At the same time, critiques of machine learning in health care highlighted the risks of inflated expectations. Chen and Asch (2017) argued that more thoughtful approaches were needed to avoid disillusionment with predictive modeling in medicine. In this context, Text Nailing was described by its co-creator, Uri Kartoun, as a method that initially faced skepticism for relying on "simple tricks" and human annotation, but ultimately gained acceptance as a more robust approach to clinical text analysis.

==Source code==
A sample code for extracting smoking status from narrative notes using "nailed expressions" is available in GitHub.

==Criticism of machine learning in health care==
Chen & Asch 2017 wrote "With machine learning situated at the peak of inflated expectations, we can soften a subsequent crash into a "trough of disillusionment" by fostering a stronger appreciation of the technology's capabilities and limitations."

A letter published in Communications of the ACM, "Beyond brute force", emphasized that a brute force approach may perform better than traditional machine learning algorithms when applied to text. The letter stated "... machine learning algorithms, when applied to text, rely on the assumption that any language includes an infinite number of possible expressions. In contrast, across a variety of medical conditions, we observed that clinicians tend to use the same expressions to describe patients' conditions."

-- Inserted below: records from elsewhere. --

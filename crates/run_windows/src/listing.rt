//! All windows of a run.
ghost use Rattle.std.specs.Prelude.{◌≡◌, ◌+◌, ◌<◌, ◌≤◌, ◌^◌, true, [], length, IfOk, OnOk};
ghost use Rattle.cache_core.specs.Filled.{empties};
ghost use Rattle.cache_core.specs.declared.entry.SliceEntry.{SliceEntry};
ghost use Rattle.machine.specs.Slices.{slice_number};
ghost use Rattle.run_law.specs.Journals.{At, slice_at};
ghost use Rattle.run_law.specs.Runs.{IsRun};
ghost use Rattle.run_windows.specs.AllWindows.{AreWindowsBefore, AreWindowsOf};
ghost use Rattle.run_replay.specs.Playbacks.{HasTakenBefore};
ghost use Rattle.run_windows.specs.Changes.{AreChanges};
ghost use Rattle.run_windows.specs.Edits.{changes_of};
ghost use Rattle.run_windows.specs.Followed.{HasFollowed, followed_tree};
ghost use Rattle.run_windows.specs.Timelines.{IsTimeline};
ghost use Rattle.script_ops.specs.Values.{IsLawful};

use crate::changes::Past;
use crate::counting::empties;
use crate::followed::{FollowedReplay, changes_after};
use crate::opened::push_opened;
use crate::opening::Opening;
use crate::quiet::has_exclusive_write;
use crate::timeline::{Timeline, stays_at, timeline_of};
use cache_core::SliceEntry;
use rc_base::NoMemory;
use run_counts::Window;
use run_law::Journals;
use run_replay::Run;
use script_ops::Script;
use std::alloc::Global;

// Adds the windows that begin at an entry of a slice, where it is a flush or a lock.
fn push_entry(
    alloc: Global,
    timeline: &Timeline<'_>,
    opening: Opening,
    entry: &SliceEntry,
    windows: &mut Vec<Window>,
) -> Result<(), NoMemory>
    requires timeline { IsTimeline opening.domain timeline.now }
    requires slice { opening.slice < timeline.now.run.script.now.machine.slices }
    requires entry { At (slice_at timeline.now.run.journals.now (slice_number timeline.now.run.script.now.machine opening.domain opening.slice)) opening.from entry.now }
    requires before { AreWindowsBefore timeline.now.run.script.now timeline.now.run.journals.now (record { domain = opening.domain; slice = opening.slice; from = opening.from; gid = 0 }) windows.old.items }
    ensures { OnOk result (AreWindowsBefore timeline.now.run.script.now timeline.now.run.journals.now (record { domain = opening.domain; slice = opening.slice; from = opening.from + 1; gid = 0 }) windows.new.items) }
{
    if !empties(entry.what) {
        return Ok(());
    }
    let stays = stays_at(alloc, timeline, opening.domain, entry.epoch)?;
    push_opened(alloc, &timeline.run, opening, &stays, windows)
}

// Adds the windows of a slice.
fn push_slice(
    alloc: Global,
    timeline: &Timeline<'_>,
    domain: u8,
    slice: u8,
    windows: &mut Vec<Window>,
) -> Result<(), NoMemory>
    requires timeline { IsTimeline domain timeline.now }
    requires slice { slice < timeline.now.run.script.now.machine.slices }
    requires before { AreWindowsBefore timeline.now.run.script.now timeline.now.run.journals.now (record { domain = domain; slice = slice; from = 0; gid = 0 }) windows.old.items }
    ensures { OnOk result (AreWindowsBefore timeline.now.run.script.now timeline.now.run.journals.now (record { domain = domain; slice = slice + 1; from = 0; gid = 0 }) windows.new.items) }
{
    let run = &timeline.run;
    let number = u32::from(domain) * u32::from(run.script.machine().slices) + u32::from(slice);
    let entries = run.journals.slice(number);
    for (from, entry) in entries.iter().enumerate() {
        let opening = Opening {
            domain,
            slice,
            from: from as u32,
        };
        push_entry(alloc, timeline, opening, entry, windows)?;
    }
    Ok(())
}

// Adds the windows of a domain, slice by slice.
fn push_domain(
    alloc: Global,
    run: &Run<'_>,
    domain: u8,
    changes: &[Past],
    windows: &mut Vec<Window>,
) -> Result<(), NoMemory>
    requires lawful { IsLawful run.now.script.now }
    requires run { IsRun run.now.script.now run.now.journals.now }
    requires domain { domain < run.now.script.now.machine.domains }
    requires changes { AreChanges run.now.script.now run.now.journals.now (length run.now.journals.now.tree + 1) (changes_of [] changes.now) }
    requires before { AreWindowsBefore run.now.script.now run.now.journals.now (record { domain = domain; slice = 0; from = 0; gid = 0 }) windows.old.items }
    ensures { OnOk result (AreWindowsBefore run.now.script.now run.now.journals.now (record { domain = domain + 1; slice = 0; from = 0; gid = 0 }) windows.new.items) }
{
    let timeline = timeline_of(alloc, run, domain, changes)?;
    for slice in 0..run.script.machine().slices {
        push_slice(alloc, &timeline, domain, slice, windows)?;
    }
    Ok(())
}

// All windows of a run, by the changes of its exclusive groups.
fn list(alloc: Global, run: &Run<'_>, changes: &[Past]) -> Result<Vec<Window>, NoMemory>
    requires lawful { IsLawful run.now.script.now }
    requires run { IsRun run.now.script.now run.now.journals.now }
    requires changes { AreChanges run.now.script.now run.now.journals.now (length run.now.journals.now.tree + 1) (changes_of [] changes.now) }
    ensures { IfOk result (λ windows. AreWindowsOf run.now.script.now run.now.journals.now windows.items) }
{
    let mut windows: Vec<Window> = Vec::new(alloc);
    for domain in 0..run.script.machine().domains {
        push_domain(alloc, run, domain, changes, &mut windows)?;
    }
    Ok(windows)
}

/// The windows of a run in which a control group stays exclusive on one mask after a flush or a lock, each with at least one
/// access of the group: by domain, by slice, by the position of the flush or lock, and by group in order of creation (this
/// project's profile).
///
/// Where no command asks for the mode `exclusive`, there is none. Else the tree is played once more. Each command that changes an
/// exclusive group or a mask of one costs the record of that group, some 60 bytes, and in one domain at a time 16 bytes of a
/// stay at most. Then the accesses from a flush or
/// a lock up to the next one are sorted by line, for all groups that are exclusive at it, in 16 bytes for each and as many again
/// for the sort, and walked for where the covered accesses of each group end. The entries are walked three times besides.
pub fn windows(alloc: Global, script: &Script, journals: &Journals) -> Result<Vec<Window>, NoMemory>
    requires lawful { IsLawful script.now }
    requires run { IsRun script.now journals.now }
    ensures { IfOk result (λ windows. AreWindowsOf script.now journals.now windows.items) }
{
    if !has_exclusive_write(script, journals) {
        return Ok(Vec::new(alloc));
    }
    let run = Run { script, journals };
    let followed = FollowedReplay::create(alloc, script, journals)?;
    let changes = changes_after(&run, followed)?;
    list(alloc, &run, &changes)
}

/// The same windows, where the tree was taken through its history so far already: only the rest of it is played for them, and
/// nothing where no command asks for the mode `exclusive`.
pub fn windows_after(
    alloc: Global,
    run: &Run<'_>,
    followed: FollowedReplay,
) -> Result<Vec<Window>, NoMemory>
    requires taken { HasTakenBefore run.now.script.now run.now.journals.now.tree (length run.now.journals.now.tree) (followed_tree followed) }
    requires noted { HasFollowed run.now.script.now run.now.journals.now followed }
    ensures { IfOk result (λ windows. AreWindowsOf run.now.script.now run.now.journals.now windows.items) }
{
    if !has_exclusive_write(run.script, run.journals) {
        return Ok(Vec::new(alloc));
    }
    let changes = changes_after(run, followed)?;
    list(alloc, run, &changes)
}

In his viewpoint published in June 2018 concerning slow adoption of data-driven findings in medicine, Uri Kartoun, co-creator of Text Nailing states that " ...Text Nailing raised skepticism in reviewers of medical informatics journals who claimed that it relies on simple tricks to simplify the text, and leans heavily on human annotation. TN indeed may seem just like a trick of the light at first glance, but it is actually a fairly sophisticated method that finally caught the attention of more adventurous reviewers and editors who ultimately accepted it for publication."